The charity’s two key priorities will be:

  • Supporting the urgent restoration of access to quality cancer care for everyone.
  • Ensuring people with cancer get financial support to cope with cancer in crisis.

This announcement also falls during the week of the charity’s flagship fundraiser, Coffee Morning, where Macmillan is calling on people to donate whatever they can to help fund its vital support, more urgently than ever before.

Lynda Thomas, CEO of Macmillan Cancer Support, said:

“I have been incredibly proud of the hard work and dedication of Macmillan employees, professionals, partners, supporters and volunteers across the UK as they have continued to provide in-depth support to 1.9 million people, whilst managing the impact of the crisis on their own lives.

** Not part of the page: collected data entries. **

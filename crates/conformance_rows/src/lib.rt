//! The rows of the conformance suite: how a file is read into rows and scripts, how words, texts and bytes are written,
//! and what becomes of each row. Nothing here knows of the protocol.
#![tactic(auto)]

mod answer;
mod block;
mod quotes;
mod report;
mod row;
mod row_error;
mod words;

pub use answer::Answer;
pub use block::{Block, Line, blocks};
pub use quotes::quoted;
pub use report::{FailedRow, Report};
pub use row::Row;
pub use row_error::RowError;
pub use words::{Words, bytes, hex};
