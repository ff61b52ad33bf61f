//! Why a row can't be played.
use std::fmt::{Debug, Display, InlineText};

const CAPACITY: usize = 512;

/// Why a row can't be played: a strange word, or an error that is no answer. Every error converts to it by `?`.
#[derive(Drop)]
pub struct RowError {
    text: InlineText<{ CAPACITY }>,
}

impl RowError {
    /// The error for this reason, of which at most 512 bytes are kept.
    pub fn new<D: Display + Drop>(why: D) -> RowError {
        RowError {
            text: InlineText::new().and(why, CAPACITY),
        }
    }

    /// The reason.
    pub fn as_str(&self) -> &str {
        self.text.as_str()
    }
}

impl<E: Debug + Drop> From<E> for RowError {
    fn from(error: E) -> RowError {
        RowError::new(format_args!("error: {error:?}"))
    }
}
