//! Texts in double quotes, which are JSON strings.
use crate::RowError;
use serde_json::Value;
use std::alloc::Global;

/// Whether the next character stands in quotes.
#[derive(Clone, Copy)]
pub(crate) struct Quotes {
    pub(crate) inside: bool,
    escaped: bool,
}

impl Quotes {
    /// At the beginning of a line.
    pub(crate) fn new() -> Quotes {
        Quotes {
            inside: false,
            escaped: false,
        }
    }

    /// Goes past this character. A backslash in quotes takes the next one.
    pub(crate) fn pass(&mut self, c: char) {
        if self.escaped {
            self.escaped = false;
        } else if c == '"' {
            self.inside = !self.inside;
        } else if c == '\\' {
            self.escaped = self.inside;
        }
    }
}

fn needs_quotes(text: &str) -> bool {
    text.is_empty()
        || text.trim() != text
        || text
            .chars()
            .any(|c| c == '"' || c == '\\' || c.is_control())
}

/// The text as it stands in an answer: a JSON string where it is empty, has white space at an end, or holds a quote, a
/// backslash or a control character.
pub fn quoted(alloc: Global, text: &str) -> Result<String, RowError> {
    let owned = String::from_str(alloc, text)?;
    if needs_quotes(text) {
        Ok(Value::String(owned).to_string(alloc)?)
    } else {
        Ok(owned)
    }
}

/// The text that a JSON string spells.
pub(crate) fn unquoted(alloc: Global, word: &str) -> Result<String, RowError> {
    match Value::from_str(alloc, word)? {
        Value::String(text) => Ok(text),
        _ => Err(RowError::new("a word in quotes is no JSON string")),
    }
}
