use crate::start_up::{
    Outcomes, is_addressed, is_answer, is_found, is_held, is_ready, is_refused, is_right,
    is_set_answer, is_tried, next_sequence, outcomes_of, ready_in, request_after, request_behind,
};
use crate::stored::{
    SECOND, awaits, cause_of, change, header_of, iops_in, is_alarm, is_limited, left_in, phase_for,
    route_of,
};
use crate::{Cause, Controller, Event, RefusedRecord, State};
use block_codec::ControlBlock;
use connects::{Found, found_in};
use controller_messages::{
    Hearing, MOST_RECORD_OCTETS, RecordRequest, RecordService, Refusal, Request, call_number,
    first_of, heard, heard_real_time, is_rejected, is_reply, real_time_in, record_in,
    send_alarm_end, send_outputs, send_ready_answer, send_record_request, send_request,
};
use cyclic_data::{Provider, Tick};
use diagnosis::{Priority, Report};
use frame_codec::{Bytes, Caller, Outbox, is_cyclic};
use pn_alarms::{Abort, Due, Header, Notice, PduType};
use pn_values::Mac;
use rpc_core::{Call, Response, Status};

/// The maximum number of blocks in the answer to a Connect: more than a frame holds.
const MOST_BLOCKS: usize = 400;

/// The status without an error.
const NO_ERROR: Status = Status {
    code: 0,
    decode: 0,
    code1: 0,
    code2: 0,
};
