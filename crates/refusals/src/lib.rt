// Whether a call is refused, and by what: the first refusal that applies, if one does. Nothing is written here.
#![tactic(auto)]

mod spans;

ghost use Rattle.std.specs.Prelude.{◌≡◌, eqb, length};
ghost use Rattle.words.specs.Wrapping.{largest_word};
ghost use Rattle.words.specs.Refusals.{decide};
ghost use Rattle.words.specs.Rows.{number_of};
ghost use Rattle.control.specs.Control.{control_buffer_words, removals};
ghost use Rattle.layout.specs.declared.TableCall.TheVariants.{SetUpPool, Open, Close, Map, Unmap, Protect};
ghost use Rattle.words.specs.Answers.{judged};
ghost use Rattle.layout.specs.Lent.{read};
ghost use Rattle.layout.specs.Calls.{row};
ghost use Rattle.refusals.specs.Inner.{of_tables, shared};

use crate::spans::judge_span;
use blocks::LARGEST_POOL;
use layout::Lent;
use runs::{LAST_SPACE, PAGE_WORDS, PAGES};
use tablecheck::{all_mapped, any_mapped, right_lengths, tables_sound};
use words::LARGEST_WORD;
use words::answers::Refused;

// The buffers: 1, 2.
fn judge_tables(lent: Lent) -> Result<(), Refused>
    ensures { judged result ≡ decide (of_tables (read lent.entry)) 0 }
{
    if !right_lengths(lent) {
        return Err(Refused::WrongLength);
    }
    if !tables_sound(lent) {
        return Err(Refused::Unsound);
    }
    Ok(())
}

// What the calls on a space share: 1, 2, 5, 6, 17, 8, 10. A call that gives no rights asks for 0, one that names no span for the whole space.
pub fn judge_shared(
    lent: Lent,
    space: u32,
    first: u32,
    count: u32,
    rights: u32,
) -> Result<(), Refused>
    ensures { judged result ≡ decide (shared (read lent.entry) space first count rights) 0 }
{
    judge_tables(lent)?;
    judge_span(lent.control, space, first, count, rights)
}

// Whether the removal numbers are used up.
fn no_number_left(control: &[u32]) -> bool
    requires { length control.now ≡ control_buffer_words }
    ensures { result ≡ eqb (removals control.now) largest_word }
{
    control::removal_count(control) == LARGEST_WORD
}

pub fn judge_set_up(lent: Lent, pool: u32) -> Result<(), Refused>
    ensures { judged result ≡ number_of (row (read lent.entry) (SetUpPool pool)) }
{
    if !right_lengths(lent) {
        return Err(Refused::WrongLength);
    }
    if pool < 1 {
        return Err(Refused::WrongPoolSize);
    }
    if LARGEST_POOL < pool {
        return Err(Refused::WrongPoolSize);
    }
    Ok(())
}

pub fn judge_open(lent: Lent, space: u32) -> Result<(), Refused>
    ensures { judged result ≡ number_of (row (read lent.entry) (Open space)) }
{
    judge_tables(lent)?;
    if LAST_SPACE < space {
        return Err(Refused::NoSuchSpace);
    }
    if control::is_open(control::open_mask(lent.control), space) {
        return Err(Refused::AlreadyOpen);
    }
    Ok(())
}

pub fn judge_close(lent: Lent, space: u32) -> Result<(), Refused>
    ensures { judged result ≡ number_of (row (read lent.entry) (Close space)) }
{
    judge_shared(lent, space, 0, PAGES, 0)?;
    if no_number_left(lent.control) {
        return Err(Refused::NoNumberLeft);
    }
    Ok(())
}

pub fn judge_map(lent: Lent, space: u32, first: u32, count: u32, rights: u32) -> Result<(), Refused>
    ensures { judged result ≡ number_of (row (read lent.entry) (Map space first count rights)) }
{
    judge_shared(lent, space, first, count, rights)?;
    let a = PAGE_WORDS * (space as usize);
    let e = a + PAGE_WORDS;
    if any_mapped(&lent.pages[a..e], first, count) {
        return Err(Refused::AlreadyMapped);
    }
    if frames::unchecked::count_free(lent.frames, control::pool_size(lent.control)) < count {
        return Err(Refused::TooFewFrames);
    }
    Ok(())
}

pub fn judge_protect(
    lent: Lent,
    space: u32,
    first: u32,
    count: u32,
    rights: u32,
) -> Result<(), Refused>
    ensures { judged result ≡ number_of (row (read lent.entry) (Protect space first count rights)) }
{
    judge_shared(lent, space, first, count, rights)?;
    let a = PAGE_WORDS * (space as usize);
    let e = a + PAGE_WORDS;
    if !all_mapped(&lent.pages[a..e], first, count) {
        return Err(Refused::NotMapped);
    }
    if no_number_left(lent.control) {
        return Err(Refused::NoNumberLeft);
    }
    Ok(())
}

// Refused as protect is with rights 0, which are always allowed.
pub fn judge_unmap(lent: Lent, space: u32, first: u32, count: u32) -> Result<(), Refused>
    ensures { judged result ≡ number_of (row (read lent.entry) (Unmap space first count)) }
{
    judge_protect(lent, space, first, count, 0)
}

“But the scale and nature of the coronavirus has had a catastrophic impact on our finances that no one could have anticipated, and we are devastated to have to make this tough decision. Our people are at the heart of everything we do and we are absolutely committed to ensuring that this is managed equitably and fairly and that all impacted colleagues are treated with compassion and care.

“Despite the disruption and financial challenges brought on by the pandemic, our top priority is helping everyone with cancer live life as fully as they can.

“Right now, someone is diagnosed every 90 seconds in the UK and we call on both the Government and the general public to help ensure that cancer doesn’t become the forgotten ‘C’ of the pandemic. Adequate funding for charities and public support through donations and volunteering is more vital than ever.”